A mi modesto juicio la poesía de Juan Angel debe ser una de las más importantes que se está escribiendo en estos momentos en la Argentina; esta verdad la sabemos un puñado de amigos y dos o tres críticos importantes de Buenos Aires y nadie más, tampoco creo que sea necesario que alguien más se entere, en tanto Juan Angel, como yo, creemos que la tarea del poeta no es la de transformarse en un best sellers, sino en escribir y esperar que sean los lectores los que descubran esa obra.

Cuando terminó de hacer lo suyo, nos pusimos a conversar y en algún momento nos fuimos caminando hasta la ruta o, para ser más preciso, hasta la carnicería que está en la ruta, para comprar unas costillas y un par de botellas de vino, porque esa ceremonia -la de recibir a un amigo con un asado y un vino- Juan Angel la respeta desde los tiempos en que Roque vivía en Santa Fe y cada visita era el pretexto para un asado.

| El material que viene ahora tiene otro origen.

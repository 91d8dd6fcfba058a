//! Mounts made and ended.

ghost use Rattle.std.specs.Prelude.{◌≡◌, ◌+◌, ◌⊎◌, IfErr, IfOk, None, Some, pos};
ghost use Rattle.xt_base.specs.Calls.{first_of};
ghost use Rattle.xt_base.specs.Form.{form_of};
ghost use Rattle.xt_base.specs.State.{mount_of};
ghost use Rattle.xt_base.specs.declared.steps.Errno.TheVariants.{NoMemory};
ghost use Rattle.xt_c.specs.Calling.{IsOpened, needed_status, reason_status, shut_status, spent_status};
ghost use Rattle.xt_c.specs.Holding.{held};
ghost use Rattle.xt_frames.specs.Shares.{no_contents};
ghost use Rattle.xt_mount.specs.Come.{new_refusals, spent_log};

use crate::handle::Handle;
use crate::status::refusal;
use std::alloc::Global;
use xt_base::names::{Life, Slot};
use xt_base::steps::{Errno, Reason};
use xt_frames::share::FrameShare;
use xt_frames::table::FrameTable;
use xt_mount::mount::Mount;

/// What an export of this library promises: it goes up with each change of what C sees.
const VERSION: u32 = 5;

/// The version of what C sees.
#[unsafe(no_mangle)]
pub extern "C" fn refskold_abi_version() -> u32
    ensures { result ≡ VERSION }
{
    VERSION
}

/// The first slot.
pub fn first_slot() -> Slot
    ensures { result ≡ 0 }
{
    match Slot::new(0) {
        Some(slot) => slot,
        None => unreachable!(),
    }
}

/// The frames of a mount, without contents. The one error is `NoMemory`.
fn share_of_one(alloc: Global) -> Result<FrameShare, Errno>
    ensures ok { IfOk result (λ share. share ≡ no_contents 0) }
    ensures err { IfErr result (λ errno. errno ≡ NoMemory) }
{
    let Ok(mut table) = FrameTable::new(alloc, 1) else {
        return Err(Errno::NoMemory);
    };
    match table.take_share(first_slot()) {
        Some(share) => Ok(share),
        None => unreachable!(),
    }
}

/// A new mount of the life after `last`, with blocks of a size where one is said.
pub fn new_mount(
    alloc: Global,
    last: u32,
    log_bytes: u32,
    blocks: u64,
    size: Option<u32>,
) -> Result<Box<Mount>, Errno>
    ensures ok { IfOk result (λ mount. (first_of (new_refusals last log_bytes blocks size) ≡ None) × (mount.value ≡ mount_of 0 (last + 1) log_bytes blocks (form_of size))) }
    ensures err { IfErr result (λ errno. (first_of (new_refusals last log_bytes blocks size) ≡ Some errno) ⊎ ((first_of (new_refusals last log_bytes blocks size) ≡ None) × (errno ≡ NoMemory))) }
{
    // before any memory is asked for, so that no refusal hides behind want of it
    if let Some(errno) = Mount::refusal(Life(last), log_bytes, blocks, size) {
        return Err(errno);
    }
    let share = share_of_one(alloc)?;
    match Mount::new(alloc, share, Life(last), log_bytes, blocks, size) {
        Ok(mount) => match Box::new(alloc, mount) {
            Ok(mount) => Ok(mount),
            Err(_) => Err(Errno::NoMemory),
        },
        Err((errno, _share)) => Err(errno),
    }
}

/// Makes a mount, with blocks of a size where one is said, which a handle that holds none then holds.
fn open(
    alloc: Global,
    handle: &mut Handle,
    last: u32,
    log_bytes: u32,
    blocks: u64,
    size: Option<u32>,
) -> i32
    ensures { IsOpened last log_bytes blocks size result (held handle.new) (held handle.old) }
{
    if let Some(mount) = handle.take(alloc) {
        handle.put(mount);
        return refusal(Errno::Busy);
    }
    match new_mount(alloc, last, log_bytes, blocks, size) {
        Ok(mount) => {
            handle.put(mount);
            0
        }
        Err(errno) => refusal(errno),
    }
}

/// Makes a mount with blocks of 4,096 bytes, whose checkpoints do not say so, which a handle that holds none then holds; or an errno,
/// and nothing is changed.
#[unsafe(no_mangle)]
pub extern "C" fn refskold_abi_open(
    alloc: Global,
    handle: &mut Handle,
    last: u32,
    log_bytes: u32,
    blocks: u64,
) -> i32
    ensures { IsOpened last log_bytes blocks None result (held handle.new) (held handle.old) }
{
    open(alloc, handle, last, log_bytes, blocks, None)
}

/// The same with blocks of a size, 512, 1,024, 2,048 or 4,096 bytes, which its checkpoints say.
#[unsafe(no_mangle)]
pub extern "C" fn refskold_abi_open_sized(
    alloc: Global,
    handle: &mut Handle,
    last: u32,
    log_bytes: u32,
    blocks: u64,
    size: u32,
) -> i32
    ensures { IsOpened last log_bytes blocks (Some size) result (held handle.new) (held handle.old) }
{
    open(alloc, handle, last, log_bytes, blocks, Some(size))
}

/// Ends a mount, whatever is left of it, and gives its memory back; the handle then holds none.
#[unsafe(no_mangle)]
pub extern "C" fn refskold_abi_close(alloc: Global, handle: &mut Handle)
    ensures { held handle.new ≡ None }
{
    let _mount = handle.take(alloc);
}

/// The number of the reason why a mount is shut, from 1; 0 of a live one.
fn reason_status(reason: Option<Reason>) -> i32
    ensures { result ≡ reason_status reason }
{
    match reason {
        None => 0,
        Some(Reason::MetaIoError) => 1,
        Some(Reason::LogIoError) => 2,
        Some(Reason::ForceUmount) => 3,
        Some(Reason::CorruptIncore) => 4,
    }
}

/// Why the mount is shut, from 1; 0 while it is live.
#[unsafe(no_mangle)]
pub extern "C" fn refskold_abi_shut(alloc: Global, handle: &mut Handle) -> i32
    ensures status { result ≡ shut_status (held handle.old) }
    ensures same { held handle.new ≡ held handle.old }
{
    let Some(mount) = handle.take(alloc) else {
        return refusal(Errno::NoDevice);
    };
    let status = reason_status(mount.shut());
    handle.put(mount);
    status
}

/// Whether the log of a mount may have a text that is of use: 1, or 0.
fn log_needed(mount: &Mount) -> i32
    ensures { result ≡ spent_status (spent_log mount.now) }
{
    match mount.spent_log() {
        Some(_) => 0,
        None => 1,
    }
}

/// Whether a text on the log may still be needed: 0 where the mount is live, no checkpoint is in flight, and no block waits to be written
/// home; else 1.
#[unsafe(no_mangle)]
pub extern "C" fn refskold_abi_log_needed(alloc: Global, handle: &mut Handle) -> i32
    ensures status { result ≡ needed_status (held handle.old) }
    ensures same { held handle.new ≡ held handle.old }
{
    let Some(mount) = handle.take(alloc) else {
        return refusal(Errno::NoDevice);
    };
    let status = log_needed(&mount);
    handle.put(mount);
    status
}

Después del asado seguimos conversando en el comedor, rodeados de las artesanías que el mismo fabrica y de la inmensa biblioteca cuyas estanterías ocupan casi toda la pared, pero en algún momento me dijo que lo disculpase pero que iba a ponerse a trabajar, una observación que en el caso de Juan Angel no me molestó para nada, porque sé que la hace de buena fe y en nombre de la poesía, la única pasión a la que Juan Angel le ha sido fiel.